[Stored data]

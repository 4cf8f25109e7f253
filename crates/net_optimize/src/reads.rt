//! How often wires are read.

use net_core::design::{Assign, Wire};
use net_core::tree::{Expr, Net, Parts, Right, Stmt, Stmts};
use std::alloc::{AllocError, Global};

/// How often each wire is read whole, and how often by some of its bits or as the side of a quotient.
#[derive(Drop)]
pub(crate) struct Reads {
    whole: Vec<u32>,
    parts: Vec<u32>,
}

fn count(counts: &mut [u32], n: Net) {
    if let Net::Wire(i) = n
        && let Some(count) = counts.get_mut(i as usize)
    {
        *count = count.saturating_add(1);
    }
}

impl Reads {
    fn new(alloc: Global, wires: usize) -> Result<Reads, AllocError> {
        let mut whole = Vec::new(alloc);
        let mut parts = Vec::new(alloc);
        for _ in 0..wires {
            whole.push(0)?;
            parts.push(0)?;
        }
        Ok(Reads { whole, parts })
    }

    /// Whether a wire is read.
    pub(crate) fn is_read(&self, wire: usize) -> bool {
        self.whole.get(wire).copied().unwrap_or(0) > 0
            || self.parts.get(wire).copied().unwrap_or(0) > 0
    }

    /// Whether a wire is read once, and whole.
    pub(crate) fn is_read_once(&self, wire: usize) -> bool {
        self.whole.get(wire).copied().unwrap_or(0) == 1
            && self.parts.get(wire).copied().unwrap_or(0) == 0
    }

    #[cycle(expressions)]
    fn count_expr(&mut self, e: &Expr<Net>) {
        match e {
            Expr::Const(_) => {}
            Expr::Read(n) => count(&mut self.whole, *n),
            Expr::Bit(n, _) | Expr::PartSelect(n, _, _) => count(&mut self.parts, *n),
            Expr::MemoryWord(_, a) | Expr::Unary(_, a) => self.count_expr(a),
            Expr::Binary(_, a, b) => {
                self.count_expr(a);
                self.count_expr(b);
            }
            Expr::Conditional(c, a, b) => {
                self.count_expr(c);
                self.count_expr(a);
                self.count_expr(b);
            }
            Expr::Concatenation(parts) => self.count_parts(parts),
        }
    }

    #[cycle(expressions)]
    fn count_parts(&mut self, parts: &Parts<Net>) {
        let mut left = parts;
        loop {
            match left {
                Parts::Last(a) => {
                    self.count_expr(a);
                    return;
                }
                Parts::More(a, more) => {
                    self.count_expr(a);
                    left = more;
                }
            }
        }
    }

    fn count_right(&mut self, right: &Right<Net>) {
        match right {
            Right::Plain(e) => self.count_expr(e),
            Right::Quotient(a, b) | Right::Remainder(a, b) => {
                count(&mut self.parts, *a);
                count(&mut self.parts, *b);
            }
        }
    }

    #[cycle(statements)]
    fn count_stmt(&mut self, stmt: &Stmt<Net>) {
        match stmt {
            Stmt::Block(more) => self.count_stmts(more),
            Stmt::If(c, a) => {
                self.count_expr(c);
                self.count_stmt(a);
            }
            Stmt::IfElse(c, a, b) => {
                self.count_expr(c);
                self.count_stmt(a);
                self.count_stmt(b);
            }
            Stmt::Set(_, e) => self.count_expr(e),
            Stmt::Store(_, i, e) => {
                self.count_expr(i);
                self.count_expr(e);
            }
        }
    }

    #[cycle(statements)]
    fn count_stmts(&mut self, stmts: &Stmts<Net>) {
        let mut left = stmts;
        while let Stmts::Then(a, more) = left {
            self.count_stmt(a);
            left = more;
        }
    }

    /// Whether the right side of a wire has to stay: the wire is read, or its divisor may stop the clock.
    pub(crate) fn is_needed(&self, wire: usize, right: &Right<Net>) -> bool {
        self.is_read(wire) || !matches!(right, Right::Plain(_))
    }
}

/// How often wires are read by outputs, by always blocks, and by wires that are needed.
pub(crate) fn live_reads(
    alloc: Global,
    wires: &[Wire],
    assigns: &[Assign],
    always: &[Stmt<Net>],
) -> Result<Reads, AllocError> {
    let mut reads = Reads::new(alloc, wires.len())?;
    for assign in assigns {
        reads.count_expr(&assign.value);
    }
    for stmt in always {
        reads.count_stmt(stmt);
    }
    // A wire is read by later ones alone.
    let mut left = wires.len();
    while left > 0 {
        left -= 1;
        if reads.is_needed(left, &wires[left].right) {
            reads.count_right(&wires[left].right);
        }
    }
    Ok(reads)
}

> **Exercise goal**: From the first line to the last, transcribe the data exactly.

> **Result of the task**:
repository 4cf8f25109e7f253
filename crates/net_optimize/src/reads.rt
//! How often wires are read.

use net_core::design::{Assign, Wire};
use net_core::tree::{Expr, Net, Parts, Right, Stmt, Stmts};
use std::alloc::{AllocError, Global};

/// How often each wire is read whole, and how often by some of its bits or as the side of a quotient.
#[derive(Drop)]
pub(crate) struct Reads {
    whole: Vec<u32>,
    parts: Vec<u32>,
}

fn count(counts: &mut [u32], n: Net) {
    if let Net::Wire(i) = n
        && let Some(count) = counts.get_mut(i as usize)
    {
        *count = count.saturating_add(1);
    }
}

impl Reads {
    fn new(alloc: Global, wires: usize) -> Result<Reads, AllocError> {
        let mut whole = Vec::new(alloc);
        let mut parts = Vec::new(alloc);
        for _ in 0..wires {
            whole.push(0)?;
            parts.push(0)?;
        }
        Ok(Reads { whole, parts })
    }

    /// Whether a wire is read.
    pub(crate) fn is_read(&self, wire: usize) -> bool {
        self.whole.get(wire).copied().unwrap_or(0) > 0
            || self.parts.get(wire).copied().unwrap_or(0) > 0
    }

    /// Whether a wire is read once, and whole.
    pub(crate) fn is_read_once(&self, wire: usize) -> bool {
        self.whole.get(wire).copied().unwrap_or(0) == 1
            && self.parts.get(wire).copied().unwrap_or(0) == 0
    }

    #[cycle(expressions)]
    fn count_expr(&mut self, e: &Expr<Net>) {
        match e {
            Expr::Const(_) => {}
            Expr::Read(n) => count(&mut self.whole, *n),
            Expr::Bit(n, _) | Expr::PartSelect(n, _, _) => count(&mut self.parts, *n),
            Expr::MemoryWord(_, a) | Expr::Unary(_, a) => self.count_expr(a),
            Expr::Binary(_, a, b) => {
                self.count_expr(a);
                self.count_expr(b);
            }
            Expr::Conditional(c, a, b) => {
                self.count_expr(c);
                self.count_expr(a);
                self.count_expr(b);
            }
            Expr::Concatenation(parts) => self.count_parts(parts),
        }
    }

    #[cycle(expressions)]
    fn count_parts(&mut self, parts: &Parts<Net>) {
        let mut left = parts;
        loop {
            match left {
                Parts::Last(a) => {
                    self.count_expr(a);
                    return;
                }
                Parts::More(a, more) => {
                    self.count_expr(a);
                    left = more;
                }
            }
        }
    }

    fn count_right(&mut self, right: &Right<Net>) {
        match right {
            Right::Plain(e) => self.count_expr(e),
            Right::Quotient(a, b) | Right::Remainder(a, b) => {
                count(&mut self.parts, *a);
                count(&mut self.parts, *b);
            }
        }
    }

    #[cycle(statements)]
    fn count_stmt(&mut self, stmt: &Stmt<Net>) {
        match stmt {
            Stmt::Block(more) => self.count_stmts(more),
            Stmt::If(c, a) => {
                self.count_expr(c);
                self.count_stmt(a);
            }
            Stmt::IfElse(c, a, b) => {
                self.count_expr(c);
                self.count_stmt(a);
                self.count_stmt(b);
            }
            Stmt::Set(_, e) => self.count_expr(e),
            Stmt::Store(_, i, e) => {
                self.count_expr(i);
                self.count_expr(e);
            }
        }
    }

    #[cycle(statements)]
    fn count_stmts(&mut self, stmts: &Stmts<Net>) {
        let mut left = stmts;
        while let Stmts::Then(a, more) = left {
            self.count_stmt(a);
            left = more;
        }
    }

    /// Whether the right side of a wire has to stay: the wire is read, or its divisor may stop the clock.
    pub(crate) fn is_needed(&self, wire: usize, right: &Right<Net>) -> bool {
        self.is_read(wire) || !matches!(right, Right::Plain(_))
    }
}

/// How often wires are read by outputs, by always blocks, and by wires that are needed.
pub(crate) fn live_reads(
    alloc: Global,
    wires: &[Wire],
    assigns: &[Assign],
    always: &[Stmt<Net>],
) -> Result<Reads, AllocError> {
    let mut reads = Reads::new(alloc, wires.len())?;
    for assign in assigns {
        reads.count_expr(&assign.value);
    }
    for stmt in always {
        reads.count_stmt(stmt);
    }
    // A wire is read by later ones alone.
    let mut left = wires.len();
    while left > 0 {
        left -= 1;
        if reads.is_needed(left, &wires[left].right) {
            reads.count_right(&wires[left].right);
        }
    }
    Ok(reads)
}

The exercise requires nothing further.